__Task to complete__:
Please find all lines in the data that hold the string "LedgerFault" and copy them.

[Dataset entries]
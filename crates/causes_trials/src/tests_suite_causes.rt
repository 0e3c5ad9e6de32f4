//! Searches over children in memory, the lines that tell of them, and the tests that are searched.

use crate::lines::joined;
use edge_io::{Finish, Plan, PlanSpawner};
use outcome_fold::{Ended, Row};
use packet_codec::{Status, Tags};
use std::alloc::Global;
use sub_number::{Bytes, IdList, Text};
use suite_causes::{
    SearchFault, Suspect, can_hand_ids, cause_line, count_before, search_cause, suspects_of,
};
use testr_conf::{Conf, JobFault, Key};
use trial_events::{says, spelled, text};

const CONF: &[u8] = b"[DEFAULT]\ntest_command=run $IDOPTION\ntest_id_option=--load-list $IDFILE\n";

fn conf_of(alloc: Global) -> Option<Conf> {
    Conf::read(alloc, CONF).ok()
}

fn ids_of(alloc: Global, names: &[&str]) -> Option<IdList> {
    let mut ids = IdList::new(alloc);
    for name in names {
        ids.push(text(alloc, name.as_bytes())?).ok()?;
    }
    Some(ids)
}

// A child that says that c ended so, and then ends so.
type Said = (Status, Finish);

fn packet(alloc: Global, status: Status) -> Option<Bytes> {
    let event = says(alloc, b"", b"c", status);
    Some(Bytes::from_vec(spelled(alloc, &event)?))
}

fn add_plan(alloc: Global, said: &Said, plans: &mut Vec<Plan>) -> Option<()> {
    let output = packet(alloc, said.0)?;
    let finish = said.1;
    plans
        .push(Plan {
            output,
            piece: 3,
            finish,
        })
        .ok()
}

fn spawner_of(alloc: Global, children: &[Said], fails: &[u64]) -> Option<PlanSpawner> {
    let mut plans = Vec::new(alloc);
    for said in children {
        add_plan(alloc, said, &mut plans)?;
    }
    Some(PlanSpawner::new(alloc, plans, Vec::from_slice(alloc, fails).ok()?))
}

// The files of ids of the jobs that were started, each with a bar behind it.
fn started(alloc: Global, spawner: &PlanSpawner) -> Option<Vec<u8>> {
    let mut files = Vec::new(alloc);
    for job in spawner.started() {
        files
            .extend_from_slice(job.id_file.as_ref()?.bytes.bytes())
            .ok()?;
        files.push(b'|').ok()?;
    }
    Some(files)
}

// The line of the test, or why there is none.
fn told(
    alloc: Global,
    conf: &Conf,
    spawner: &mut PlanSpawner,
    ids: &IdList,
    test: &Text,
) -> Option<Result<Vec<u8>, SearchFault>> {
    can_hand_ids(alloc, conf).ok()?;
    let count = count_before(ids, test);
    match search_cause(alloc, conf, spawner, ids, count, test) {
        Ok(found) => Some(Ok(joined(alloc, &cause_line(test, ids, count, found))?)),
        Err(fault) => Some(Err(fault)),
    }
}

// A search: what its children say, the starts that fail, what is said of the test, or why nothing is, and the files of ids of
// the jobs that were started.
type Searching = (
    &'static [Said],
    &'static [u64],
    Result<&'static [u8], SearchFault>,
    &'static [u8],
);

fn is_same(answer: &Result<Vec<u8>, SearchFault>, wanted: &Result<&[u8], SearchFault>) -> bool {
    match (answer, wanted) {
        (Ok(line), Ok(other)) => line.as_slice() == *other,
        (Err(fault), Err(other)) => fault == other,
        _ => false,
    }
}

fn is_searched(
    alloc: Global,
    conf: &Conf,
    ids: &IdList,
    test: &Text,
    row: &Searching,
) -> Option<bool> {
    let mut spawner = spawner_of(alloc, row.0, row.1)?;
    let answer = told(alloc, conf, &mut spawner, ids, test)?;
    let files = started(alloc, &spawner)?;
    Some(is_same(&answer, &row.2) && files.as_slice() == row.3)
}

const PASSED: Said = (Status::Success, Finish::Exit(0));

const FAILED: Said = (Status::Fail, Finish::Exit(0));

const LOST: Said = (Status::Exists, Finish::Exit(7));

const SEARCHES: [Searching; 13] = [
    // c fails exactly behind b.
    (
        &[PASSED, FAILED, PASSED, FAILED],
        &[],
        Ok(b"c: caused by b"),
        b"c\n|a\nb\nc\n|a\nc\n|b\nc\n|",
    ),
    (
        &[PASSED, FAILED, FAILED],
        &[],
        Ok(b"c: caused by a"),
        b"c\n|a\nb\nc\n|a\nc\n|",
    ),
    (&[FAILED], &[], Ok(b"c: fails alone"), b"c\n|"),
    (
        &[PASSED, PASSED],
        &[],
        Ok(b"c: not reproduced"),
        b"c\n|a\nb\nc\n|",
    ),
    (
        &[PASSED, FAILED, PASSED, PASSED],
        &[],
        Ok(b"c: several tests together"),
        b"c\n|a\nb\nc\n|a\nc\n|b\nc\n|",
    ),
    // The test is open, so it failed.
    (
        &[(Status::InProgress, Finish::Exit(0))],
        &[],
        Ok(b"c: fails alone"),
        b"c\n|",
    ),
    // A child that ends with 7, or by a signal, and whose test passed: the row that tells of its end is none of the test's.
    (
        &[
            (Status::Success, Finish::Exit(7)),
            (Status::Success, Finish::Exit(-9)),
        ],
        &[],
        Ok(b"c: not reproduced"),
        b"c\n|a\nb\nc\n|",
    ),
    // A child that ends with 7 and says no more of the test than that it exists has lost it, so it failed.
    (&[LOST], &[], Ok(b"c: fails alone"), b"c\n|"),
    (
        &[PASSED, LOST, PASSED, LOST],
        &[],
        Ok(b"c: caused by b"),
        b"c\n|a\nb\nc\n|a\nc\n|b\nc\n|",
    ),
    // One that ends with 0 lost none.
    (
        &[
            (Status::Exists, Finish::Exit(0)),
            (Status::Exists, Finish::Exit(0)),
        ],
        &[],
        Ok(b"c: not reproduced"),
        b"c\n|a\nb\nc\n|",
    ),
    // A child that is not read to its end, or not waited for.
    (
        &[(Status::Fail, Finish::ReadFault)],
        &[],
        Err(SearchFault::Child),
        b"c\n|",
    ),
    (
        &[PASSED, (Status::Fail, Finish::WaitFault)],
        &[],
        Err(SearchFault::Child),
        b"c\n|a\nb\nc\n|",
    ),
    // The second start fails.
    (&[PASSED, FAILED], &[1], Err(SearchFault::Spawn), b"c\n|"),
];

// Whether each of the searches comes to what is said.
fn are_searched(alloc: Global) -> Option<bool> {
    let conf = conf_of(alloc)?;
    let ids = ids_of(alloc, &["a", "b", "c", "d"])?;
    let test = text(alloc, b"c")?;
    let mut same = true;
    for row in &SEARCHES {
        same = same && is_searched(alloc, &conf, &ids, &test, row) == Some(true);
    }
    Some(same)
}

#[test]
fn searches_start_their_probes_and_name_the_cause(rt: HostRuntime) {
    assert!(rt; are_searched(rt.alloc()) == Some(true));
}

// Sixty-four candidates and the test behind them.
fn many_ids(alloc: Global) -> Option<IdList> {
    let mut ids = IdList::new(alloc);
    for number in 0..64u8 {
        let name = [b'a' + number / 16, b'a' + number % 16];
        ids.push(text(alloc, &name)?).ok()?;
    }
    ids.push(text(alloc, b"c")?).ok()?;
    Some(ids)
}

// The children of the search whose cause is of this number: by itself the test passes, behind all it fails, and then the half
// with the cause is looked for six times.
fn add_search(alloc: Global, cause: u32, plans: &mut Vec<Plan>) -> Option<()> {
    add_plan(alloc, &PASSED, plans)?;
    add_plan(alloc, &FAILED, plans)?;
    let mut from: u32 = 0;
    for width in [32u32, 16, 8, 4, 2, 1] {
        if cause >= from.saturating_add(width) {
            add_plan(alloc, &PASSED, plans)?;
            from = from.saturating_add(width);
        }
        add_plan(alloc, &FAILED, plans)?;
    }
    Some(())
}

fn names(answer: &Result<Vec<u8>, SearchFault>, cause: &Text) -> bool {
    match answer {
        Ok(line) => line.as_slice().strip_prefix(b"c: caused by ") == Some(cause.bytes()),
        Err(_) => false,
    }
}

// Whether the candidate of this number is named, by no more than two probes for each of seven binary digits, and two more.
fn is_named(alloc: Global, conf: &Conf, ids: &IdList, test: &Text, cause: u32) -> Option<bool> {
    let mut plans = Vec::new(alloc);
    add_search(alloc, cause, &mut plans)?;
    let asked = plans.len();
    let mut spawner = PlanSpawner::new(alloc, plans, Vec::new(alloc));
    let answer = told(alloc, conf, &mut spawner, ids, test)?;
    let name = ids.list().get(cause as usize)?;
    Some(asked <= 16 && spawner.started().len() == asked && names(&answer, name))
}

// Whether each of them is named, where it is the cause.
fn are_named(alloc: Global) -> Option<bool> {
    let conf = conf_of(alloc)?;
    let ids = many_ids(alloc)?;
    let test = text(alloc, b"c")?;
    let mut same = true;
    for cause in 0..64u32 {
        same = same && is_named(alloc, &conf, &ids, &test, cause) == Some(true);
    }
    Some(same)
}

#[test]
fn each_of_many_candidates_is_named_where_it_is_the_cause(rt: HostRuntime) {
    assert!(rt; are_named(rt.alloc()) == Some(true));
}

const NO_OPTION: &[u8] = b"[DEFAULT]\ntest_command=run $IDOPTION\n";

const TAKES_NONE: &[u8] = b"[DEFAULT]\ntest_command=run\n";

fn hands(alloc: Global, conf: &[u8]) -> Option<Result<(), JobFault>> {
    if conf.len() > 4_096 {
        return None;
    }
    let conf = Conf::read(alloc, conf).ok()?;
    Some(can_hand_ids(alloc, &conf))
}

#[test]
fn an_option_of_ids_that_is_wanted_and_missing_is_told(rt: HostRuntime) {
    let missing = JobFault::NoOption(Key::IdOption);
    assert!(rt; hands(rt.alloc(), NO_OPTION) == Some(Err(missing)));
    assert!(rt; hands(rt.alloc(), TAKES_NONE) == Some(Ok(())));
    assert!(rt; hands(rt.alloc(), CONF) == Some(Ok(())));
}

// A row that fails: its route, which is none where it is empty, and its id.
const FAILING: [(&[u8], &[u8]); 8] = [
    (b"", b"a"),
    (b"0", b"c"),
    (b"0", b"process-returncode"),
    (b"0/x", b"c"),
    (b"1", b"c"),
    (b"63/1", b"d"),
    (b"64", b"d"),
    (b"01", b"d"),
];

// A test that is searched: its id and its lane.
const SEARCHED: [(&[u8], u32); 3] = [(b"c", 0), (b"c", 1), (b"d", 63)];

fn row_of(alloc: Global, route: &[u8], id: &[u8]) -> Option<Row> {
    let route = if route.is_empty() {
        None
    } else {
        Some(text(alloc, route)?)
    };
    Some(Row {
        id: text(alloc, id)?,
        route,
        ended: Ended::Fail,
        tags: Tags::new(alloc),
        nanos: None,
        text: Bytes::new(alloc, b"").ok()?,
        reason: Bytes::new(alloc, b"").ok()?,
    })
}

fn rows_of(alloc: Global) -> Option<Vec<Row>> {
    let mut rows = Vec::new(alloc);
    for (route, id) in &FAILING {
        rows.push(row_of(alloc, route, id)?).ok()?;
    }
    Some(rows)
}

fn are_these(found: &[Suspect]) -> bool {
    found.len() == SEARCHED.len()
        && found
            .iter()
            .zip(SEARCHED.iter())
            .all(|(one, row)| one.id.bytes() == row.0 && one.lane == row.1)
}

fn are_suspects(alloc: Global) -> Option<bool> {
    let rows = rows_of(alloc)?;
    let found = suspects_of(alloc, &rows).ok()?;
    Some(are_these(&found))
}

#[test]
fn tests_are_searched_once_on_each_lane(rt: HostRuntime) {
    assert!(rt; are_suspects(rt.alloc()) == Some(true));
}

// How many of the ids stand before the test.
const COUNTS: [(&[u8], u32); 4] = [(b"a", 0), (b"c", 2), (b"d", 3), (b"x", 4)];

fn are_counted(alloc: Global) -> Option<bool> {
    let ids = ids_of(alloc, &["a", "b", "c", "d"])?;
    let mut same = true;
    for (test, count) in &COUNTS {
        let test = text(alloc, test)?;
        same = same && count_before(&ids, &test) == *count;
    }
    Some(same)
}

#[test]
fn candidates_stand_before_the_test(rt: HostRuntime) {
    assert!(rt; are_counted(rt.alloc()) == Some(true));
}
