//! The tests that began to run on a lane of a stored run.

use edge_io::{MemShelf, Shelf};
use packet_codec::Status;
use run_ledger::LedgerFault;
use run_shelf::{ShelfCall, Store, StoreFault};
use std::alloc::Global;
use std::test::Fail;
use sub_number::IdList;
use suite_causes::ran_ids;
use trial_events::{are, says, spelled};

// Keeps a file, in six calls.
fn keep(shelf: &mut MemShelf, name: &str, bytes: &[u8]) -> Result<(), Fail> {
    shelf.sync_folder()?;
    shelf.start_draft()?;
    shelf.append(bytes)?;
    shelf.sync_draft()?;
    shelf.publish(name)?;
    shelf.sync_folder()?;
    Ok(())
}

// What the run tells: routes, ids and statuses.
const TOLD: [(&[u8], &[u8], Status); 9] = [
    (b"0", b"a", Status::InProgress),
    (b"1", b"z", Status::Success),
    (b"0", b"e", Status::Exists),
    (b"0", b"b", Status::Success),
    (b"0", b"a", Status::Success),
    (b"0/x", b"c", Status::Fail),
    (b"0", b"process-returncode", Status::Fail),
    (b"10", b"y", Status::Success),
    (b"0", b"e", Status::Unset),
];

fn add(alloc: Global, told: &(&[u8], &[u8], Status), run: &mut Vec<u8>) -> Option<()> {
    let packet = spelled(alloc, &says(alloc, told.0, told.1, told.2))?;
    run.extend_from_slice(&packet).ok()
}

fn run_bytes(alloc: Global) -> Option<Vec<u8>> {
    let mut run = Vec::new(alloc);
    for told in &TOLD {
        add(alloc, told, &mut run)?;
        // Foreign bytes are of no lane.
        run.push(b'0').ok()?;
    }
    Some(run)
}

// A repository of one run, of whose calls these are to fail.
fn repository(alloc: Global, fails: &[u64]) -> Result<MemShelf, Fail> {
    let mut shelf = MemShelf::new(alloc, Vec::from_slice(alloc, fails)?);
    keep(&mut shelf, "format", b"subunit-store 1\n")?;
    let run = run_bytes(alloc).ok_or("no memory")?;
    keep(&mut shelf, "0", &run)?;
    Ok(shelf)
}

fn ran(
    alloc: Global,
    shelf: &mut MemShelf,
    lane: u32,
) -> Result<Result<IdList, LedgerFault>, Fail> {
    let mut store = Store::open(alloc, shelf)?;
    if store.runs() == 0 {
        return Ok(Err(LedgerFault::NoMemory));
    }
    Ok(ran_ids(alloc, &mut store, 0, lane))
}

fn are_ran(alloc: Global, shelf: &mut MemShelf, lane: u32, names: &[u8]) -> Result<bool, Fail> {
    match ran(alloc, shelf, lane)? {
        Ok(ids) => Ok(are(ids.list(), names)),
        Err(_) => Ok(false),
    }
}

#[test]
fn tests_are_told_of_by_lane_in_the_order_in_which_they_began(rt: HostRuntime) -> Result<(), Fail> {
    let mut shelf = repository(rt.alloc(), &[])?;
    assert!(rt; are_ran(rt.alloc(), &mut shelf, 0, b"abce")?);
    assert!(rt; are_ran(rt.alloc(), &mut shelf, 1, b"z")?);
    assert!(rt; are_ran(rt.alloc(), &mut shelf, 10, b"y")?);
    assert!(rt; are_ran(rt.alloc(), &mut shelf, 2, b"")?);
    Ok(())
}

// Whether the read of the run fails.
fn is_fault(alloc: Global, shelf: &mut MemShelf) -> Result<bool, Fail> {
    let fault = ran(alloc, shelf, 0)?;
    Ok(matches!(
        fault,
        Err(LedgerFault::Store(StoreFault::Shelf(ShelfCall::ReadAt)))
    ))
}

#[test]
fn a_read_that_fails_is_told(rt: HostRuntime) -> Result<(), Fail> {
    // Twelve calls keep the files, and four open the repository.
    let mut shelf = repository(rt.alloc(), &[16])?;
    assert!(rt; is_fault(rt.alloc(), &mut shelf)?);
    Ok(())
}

--

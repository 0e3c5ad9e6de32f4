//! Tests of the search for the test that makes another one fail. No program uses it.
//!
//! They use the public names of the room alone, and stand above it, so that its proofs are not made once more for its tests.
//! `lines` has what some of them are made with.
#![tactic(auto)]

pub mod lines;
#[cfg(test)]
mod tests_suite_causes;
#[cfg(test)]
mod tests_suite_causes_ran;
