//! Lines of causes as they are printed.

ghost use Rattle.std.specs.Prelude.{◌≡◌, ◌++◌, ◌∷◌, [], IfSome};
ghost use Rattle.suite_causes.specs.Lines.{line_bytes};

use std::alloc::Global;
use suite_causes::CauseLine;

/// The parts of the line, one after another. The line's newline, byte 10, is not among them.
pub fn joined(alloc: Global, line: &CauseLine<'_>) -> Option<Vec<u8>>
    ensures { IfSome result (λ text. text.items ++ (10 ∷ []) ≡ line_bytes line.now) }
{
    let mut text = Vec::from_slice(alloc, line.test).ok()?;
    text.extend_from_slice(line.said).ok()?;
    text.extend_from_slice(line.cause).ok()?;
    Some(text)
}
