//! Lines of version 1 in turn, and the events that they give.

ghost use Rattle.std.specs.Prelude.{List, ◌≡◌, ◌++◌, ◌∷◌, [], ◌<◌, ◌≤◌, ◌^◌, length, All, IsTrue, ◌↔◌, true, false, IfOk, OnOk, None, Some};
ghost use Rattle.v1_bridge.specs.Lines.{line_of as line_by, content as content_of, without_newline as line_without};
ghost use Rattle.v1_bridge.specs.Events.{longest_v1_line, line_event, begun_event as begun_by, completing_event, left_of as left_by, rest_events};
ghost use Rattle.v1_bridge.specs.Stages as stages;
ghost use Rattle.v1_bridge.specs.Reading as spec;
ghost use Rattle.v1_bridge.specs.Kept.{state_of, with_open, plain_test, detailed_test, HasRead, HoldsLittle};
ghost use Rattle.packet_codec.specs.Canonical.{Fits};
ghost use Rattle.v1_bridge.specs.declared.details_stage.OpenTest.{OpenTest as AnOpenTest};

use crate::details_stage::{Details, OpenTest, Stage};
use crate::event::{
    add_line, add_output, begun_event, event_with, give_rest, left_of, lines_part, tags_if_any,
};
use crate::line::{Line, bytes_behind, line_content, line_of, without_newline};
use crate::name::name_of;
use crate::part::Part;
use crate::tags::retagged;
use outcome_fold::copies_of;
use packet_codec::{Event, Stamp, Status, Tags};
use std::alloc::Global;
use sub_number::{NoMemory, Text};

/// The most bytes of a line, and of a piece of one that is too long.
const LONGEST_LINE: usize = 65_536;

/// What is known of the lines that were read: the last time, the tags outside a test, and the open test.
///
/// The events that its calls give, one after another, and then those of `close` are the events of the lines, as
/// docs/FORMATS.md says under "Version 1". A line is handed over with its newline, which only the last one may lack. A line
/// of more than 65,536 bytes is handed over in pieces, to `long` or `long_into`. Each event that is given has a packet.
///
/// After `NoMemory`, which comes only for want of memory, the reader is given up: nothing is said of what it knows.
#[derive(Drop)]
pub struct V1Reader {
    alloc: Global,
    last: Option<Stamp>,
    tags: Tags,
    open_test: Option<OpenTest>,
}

__The completed task__:
use run_ledger::LedgerFault;
) -> Result<Result<IdList, LedgerFault>, Fail> {
        return Ok(Err(LedgerFault::NoMemory));
        Err(LedgerFault::Store(StoreFault::Shelf(ShelfCall::ReadAt)))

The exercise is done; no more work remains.